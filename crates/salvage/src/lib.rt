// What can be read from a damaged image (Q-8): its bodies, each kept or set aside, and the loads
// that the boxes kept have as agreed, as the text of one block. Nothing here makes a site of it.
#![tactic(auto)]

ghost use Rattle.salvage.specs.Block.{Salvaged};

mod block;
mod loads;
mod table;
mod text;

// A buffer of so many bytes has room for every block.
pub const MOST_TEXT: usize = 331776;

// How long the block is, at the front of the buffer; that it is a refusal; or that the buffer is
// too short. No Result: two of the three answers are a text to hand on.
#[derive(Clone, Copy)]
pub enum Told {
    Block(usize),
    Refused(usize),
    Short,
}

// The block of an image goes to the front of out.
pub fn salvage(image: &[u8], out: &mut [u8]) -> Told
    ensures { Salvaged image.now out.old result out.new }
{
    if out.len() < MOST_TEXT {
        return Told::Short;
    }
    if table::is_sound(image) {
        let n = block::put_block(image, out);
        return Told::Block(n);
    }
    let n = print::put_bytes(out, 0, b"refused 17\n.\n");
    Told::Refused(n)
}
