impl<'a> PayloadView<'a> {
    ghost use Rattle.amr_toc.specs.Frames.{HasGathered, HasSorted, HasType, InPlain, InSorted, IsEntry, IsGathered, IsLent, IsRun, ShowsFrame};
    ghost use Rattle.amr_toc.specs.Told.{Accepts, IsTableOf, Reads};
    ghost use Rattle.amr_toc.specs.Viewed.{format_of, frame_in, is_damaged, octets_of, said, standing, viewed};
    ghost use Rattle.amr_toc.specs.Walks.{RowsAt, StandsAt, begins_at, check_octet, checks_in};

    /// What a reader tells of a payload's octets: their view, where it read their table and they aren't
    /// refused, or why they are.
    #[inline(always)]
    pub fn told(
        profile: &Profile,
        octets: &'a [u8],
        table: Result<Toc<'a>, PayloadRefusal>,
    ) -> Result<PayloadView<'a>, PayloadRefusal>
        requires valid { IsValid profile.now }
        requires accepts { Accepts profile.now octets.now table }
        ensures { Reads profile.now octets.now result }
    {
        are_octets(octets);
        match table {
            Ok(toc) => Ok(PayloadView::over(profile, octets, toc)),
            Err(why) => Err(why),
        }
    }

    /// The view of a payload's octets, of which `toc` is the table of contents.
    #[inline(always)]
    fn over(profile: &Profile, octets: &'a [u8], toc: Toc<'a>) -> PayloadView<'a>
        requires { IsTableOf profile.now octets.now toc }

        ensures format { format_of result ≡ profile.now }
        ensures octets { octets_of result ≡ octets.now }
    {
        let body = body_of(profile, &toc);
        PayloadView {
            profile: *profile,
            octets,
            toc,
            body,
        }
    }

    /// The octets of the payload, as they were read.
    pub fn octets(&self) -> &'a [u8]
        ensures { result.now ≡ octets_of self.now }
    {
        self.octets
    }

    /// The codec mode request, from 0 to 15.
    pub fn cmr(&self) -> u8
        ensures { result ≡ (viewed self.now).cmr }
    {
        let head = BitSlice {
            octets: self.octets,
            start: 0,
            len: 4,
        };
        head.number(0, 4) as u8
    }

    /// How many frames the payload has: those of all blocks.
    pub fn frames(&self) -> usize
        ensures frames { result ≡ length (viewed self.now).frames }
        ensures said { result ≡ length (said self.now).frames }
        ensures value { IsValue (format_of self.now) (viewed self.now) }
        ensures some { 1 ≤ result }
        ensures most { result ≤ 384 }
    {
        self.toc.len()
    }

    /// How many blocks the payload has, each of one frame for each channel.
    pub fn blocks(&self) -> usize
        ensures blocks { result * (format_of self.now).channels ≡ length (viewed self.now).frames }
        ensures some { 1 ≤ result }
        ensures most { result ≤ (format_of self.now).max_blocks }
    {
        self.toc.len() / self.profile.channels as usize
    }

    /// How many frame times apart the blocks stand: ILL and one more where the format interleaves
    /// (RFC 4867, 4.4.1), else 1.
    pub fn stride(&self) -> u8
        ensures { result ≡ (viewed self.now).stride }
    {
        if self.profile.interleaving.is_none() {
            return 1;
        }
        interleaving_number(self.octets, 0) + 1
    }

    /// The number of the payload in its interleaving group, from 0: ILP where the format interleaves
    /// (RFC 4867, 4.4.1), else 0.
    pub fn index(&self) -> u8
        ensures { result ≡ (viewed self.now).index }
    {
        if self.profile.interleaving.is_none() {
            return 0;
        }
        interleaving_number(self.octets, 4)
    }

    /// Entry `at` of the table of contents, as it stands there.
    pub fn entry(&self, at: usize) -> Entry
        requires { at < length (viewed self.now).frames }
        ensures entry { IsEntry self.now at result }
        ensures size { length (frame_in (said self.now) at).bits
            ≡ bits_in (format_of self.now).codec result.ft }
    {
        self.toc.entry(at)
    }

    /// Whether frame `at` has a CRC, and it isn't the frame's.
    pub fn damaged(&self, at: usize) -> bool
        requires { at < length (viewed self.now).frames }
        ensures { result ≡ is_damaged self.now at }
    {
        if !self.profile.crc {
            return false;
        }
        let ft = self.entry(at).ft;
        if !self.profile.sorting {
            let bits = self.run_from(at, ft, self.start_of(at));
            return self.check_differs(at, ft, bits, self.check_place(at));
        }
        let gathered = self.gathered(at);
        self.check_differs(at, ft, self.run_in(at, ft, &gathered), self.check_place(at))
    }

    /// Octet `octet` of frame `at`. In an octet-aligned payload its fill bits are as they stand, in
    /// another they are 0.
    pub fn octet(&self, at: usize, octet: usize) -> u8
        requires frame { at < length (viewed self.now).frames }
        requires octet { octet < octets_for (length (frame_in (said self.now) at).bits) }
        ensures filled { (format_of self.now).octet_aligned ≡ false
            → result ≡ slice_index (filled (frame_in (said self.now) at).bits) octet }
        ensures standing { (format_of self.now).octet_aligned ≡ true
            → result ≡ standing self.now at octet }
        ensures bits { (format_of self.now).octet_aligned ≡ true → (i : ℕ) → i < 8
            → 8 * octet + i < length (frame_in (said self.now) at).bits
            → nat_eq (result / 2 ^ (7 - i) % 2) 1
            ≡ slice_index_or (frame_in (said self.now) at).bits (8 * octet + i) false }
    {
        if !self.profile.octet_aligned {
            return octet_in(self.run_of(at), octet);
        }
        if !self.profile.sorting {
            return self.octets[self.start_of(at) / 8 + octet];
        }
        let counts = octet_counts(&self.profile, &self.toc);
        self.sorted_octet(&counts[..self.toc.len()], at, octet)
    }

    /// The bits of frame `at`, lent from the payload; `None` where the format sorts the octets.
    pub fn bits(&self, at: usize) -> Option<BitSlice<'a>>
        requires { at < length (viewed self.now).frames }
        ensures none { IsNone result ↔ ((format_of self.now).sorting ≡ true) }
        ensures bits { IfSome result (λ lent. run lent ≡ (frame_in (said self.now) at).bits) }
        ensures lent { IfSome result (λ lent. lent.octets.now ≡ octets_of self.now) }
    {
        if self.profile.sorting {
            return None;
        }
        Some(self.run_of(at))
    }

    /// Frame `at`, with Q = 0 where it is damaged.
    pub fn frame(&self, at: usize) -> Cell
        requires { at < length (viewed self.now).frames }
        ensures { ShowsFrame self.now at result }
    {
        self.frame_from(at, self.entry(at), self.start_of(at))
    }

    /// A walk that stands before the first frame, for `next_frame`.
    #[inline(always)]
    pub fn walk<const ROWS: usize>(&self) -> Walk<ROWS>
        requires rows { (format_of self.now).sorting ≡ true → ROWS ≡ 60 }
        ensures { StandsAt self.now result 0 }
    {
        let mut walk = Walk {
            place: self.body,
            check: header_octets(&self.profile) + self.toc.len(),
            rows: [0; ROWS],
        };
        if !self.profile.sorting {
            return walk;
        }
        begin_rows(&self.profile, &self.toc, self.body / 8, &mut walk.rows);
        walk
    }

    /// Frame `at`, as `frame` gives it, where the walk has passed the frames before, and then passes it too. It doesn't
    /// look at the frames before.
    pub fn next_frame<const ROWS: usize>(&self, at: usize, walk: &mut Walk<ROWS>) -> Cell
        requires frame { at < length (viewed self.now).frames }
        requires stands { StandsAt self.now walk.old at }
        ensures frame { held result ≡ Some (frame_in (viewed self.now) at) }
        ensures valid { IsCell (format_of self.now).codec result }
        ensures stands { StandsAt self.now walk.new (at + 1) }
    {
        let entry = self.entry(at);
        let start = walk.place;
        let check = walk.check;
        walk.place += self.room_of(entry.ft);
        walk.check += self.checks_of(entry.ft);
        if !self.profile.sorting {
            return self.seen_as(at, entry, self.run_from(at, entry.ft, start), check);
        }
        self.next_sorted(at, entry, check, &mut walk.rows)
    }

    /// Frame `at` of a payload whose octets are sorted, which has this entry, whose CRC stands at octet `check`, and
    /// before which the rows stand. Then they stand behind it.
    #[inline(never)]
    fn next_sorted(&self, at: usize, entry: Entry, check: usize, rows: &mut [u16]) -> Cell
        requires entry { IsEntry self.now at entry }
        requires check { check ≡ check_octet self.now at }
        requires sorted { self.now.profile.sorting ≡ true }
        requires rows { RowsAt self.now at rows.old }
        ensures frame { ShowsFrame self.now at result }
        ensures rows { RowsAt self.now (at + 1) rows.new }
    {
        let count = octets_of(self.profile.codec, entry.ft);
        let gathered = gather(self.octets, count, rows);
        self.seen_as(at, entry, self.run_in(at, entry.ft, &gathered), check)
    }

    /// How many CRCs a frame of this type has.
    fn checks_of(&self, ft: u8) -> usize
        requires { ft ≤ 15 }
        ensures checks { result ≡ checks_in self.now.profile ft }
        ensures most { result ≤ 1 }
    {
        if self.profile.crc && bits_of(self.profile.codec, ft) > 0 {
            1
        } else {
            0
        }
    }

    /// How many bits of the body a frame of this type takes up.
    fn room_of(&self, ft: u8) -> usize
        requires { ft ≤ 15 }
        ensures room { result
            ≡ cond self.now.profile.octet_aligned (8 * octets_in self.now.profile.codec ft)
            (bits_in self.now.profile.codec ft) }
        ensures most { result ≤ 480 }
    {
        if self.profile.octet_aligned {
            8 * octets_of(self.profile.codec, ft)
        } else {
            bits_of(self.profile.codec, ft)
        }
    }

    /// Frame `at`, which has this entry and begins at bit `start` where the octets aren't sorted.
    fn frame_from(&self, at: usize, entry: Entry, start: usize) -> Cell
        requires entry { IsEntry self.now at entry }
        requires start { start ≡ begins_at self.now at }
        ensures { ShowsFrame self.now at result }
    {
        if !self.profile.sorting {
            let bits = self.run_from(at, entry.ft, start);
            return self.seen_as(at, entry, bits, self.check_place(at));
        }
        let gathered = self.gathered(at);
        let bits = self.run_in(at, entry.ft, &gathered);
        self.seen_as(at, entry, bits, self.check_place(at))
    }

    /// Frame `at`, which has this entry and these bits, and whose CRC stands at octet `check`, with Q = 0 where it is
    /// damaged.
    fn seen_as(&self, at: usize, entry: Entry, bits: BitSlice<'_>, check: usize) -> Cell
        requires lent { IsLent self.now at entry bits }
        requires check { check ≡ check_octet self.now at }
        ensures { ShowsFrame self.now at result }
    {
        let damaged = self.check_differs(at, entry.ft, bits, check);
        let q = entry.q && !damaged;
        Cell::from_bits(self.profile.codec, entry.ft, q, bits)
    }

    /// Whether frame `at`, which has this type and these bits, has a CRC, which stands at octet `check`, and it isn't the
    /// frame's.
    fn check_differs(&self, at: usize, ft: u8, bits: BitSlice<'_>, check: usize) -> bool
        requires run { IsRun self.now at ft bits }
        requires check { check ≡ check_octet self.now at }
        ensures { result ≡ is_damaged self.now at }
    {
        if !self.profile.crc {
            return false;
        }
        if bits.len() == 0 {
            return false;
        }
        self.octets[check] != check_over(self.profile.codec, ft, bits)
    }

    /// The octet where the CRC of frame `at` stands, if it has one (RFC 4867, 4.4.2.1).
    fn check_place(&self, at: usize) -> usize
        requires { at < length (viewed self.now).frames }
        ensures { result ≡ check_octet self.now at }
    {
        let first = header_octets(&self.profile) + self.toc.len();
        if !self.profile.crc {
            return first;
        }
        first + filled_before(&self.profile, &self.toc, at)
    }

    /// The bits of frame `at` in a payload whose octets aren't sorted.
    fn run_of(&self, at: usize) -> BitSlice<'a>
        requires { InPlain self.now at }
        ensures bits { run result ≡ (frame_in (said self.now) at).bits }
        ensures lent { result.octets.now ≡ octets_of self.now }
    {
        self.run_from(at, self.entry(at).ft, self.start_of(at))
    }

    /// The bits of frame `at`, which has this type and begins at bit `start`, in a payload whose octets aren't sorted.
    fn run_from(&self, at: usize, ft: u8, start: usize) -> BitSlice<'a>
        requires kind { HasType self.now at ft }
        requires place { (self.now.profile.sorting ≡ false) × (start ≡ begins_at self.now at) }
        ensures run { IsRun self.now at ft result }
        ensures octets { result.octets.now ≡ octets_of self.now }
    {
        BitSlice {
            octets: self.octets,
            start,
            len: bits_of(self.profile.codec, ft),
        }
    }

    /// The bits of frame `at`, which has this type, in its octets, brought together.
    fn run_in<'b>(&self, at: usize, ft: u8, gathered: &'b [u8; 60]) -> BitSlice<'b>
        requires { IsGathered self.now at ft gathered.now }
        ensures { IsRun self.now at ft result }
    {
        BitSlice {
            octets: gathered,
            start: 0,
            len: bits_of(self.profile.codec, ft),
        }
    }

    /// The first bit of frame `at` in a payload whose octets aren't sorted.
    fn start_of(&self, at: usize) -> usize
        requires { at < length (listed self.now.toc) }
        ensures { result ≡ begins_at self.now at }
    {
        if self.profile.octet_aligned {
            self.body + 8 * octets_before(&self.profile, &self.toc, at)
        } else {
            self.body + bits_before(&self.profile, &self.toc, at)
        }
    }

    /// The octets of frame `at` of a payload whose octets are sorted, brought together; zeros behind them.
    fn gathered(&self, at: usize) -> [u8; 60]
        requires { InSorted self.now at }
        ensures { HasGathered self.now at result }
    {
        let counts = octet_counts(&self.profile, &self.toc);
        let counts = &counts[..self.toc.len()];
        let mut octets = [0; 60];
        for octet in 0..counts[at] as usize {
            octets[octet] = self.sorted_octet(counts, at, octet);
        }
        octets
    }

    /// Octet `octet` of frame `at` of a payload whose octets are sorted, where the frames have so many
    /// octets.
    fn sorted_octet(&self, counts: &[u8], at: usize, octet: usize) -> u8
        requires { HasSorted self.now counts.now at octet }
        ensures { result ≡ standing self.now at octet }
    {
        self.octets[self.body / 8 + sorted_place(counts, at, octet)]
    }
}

### Task brief
From the data above, reproduce word for word the lines running from the line with "return walk;" to the line with "the frames before.", ends included.

### Answer to the exercise
            return walk;
        }
        begin_rows(&self.profile, &self.toc, self.body / 8, &mut walk.rows);
        walk
    }

    /// Frame `at`, as `frame` gives it, where the walk has passed the frames before, and then passes it too. It doesn't
    /// look at the frames before.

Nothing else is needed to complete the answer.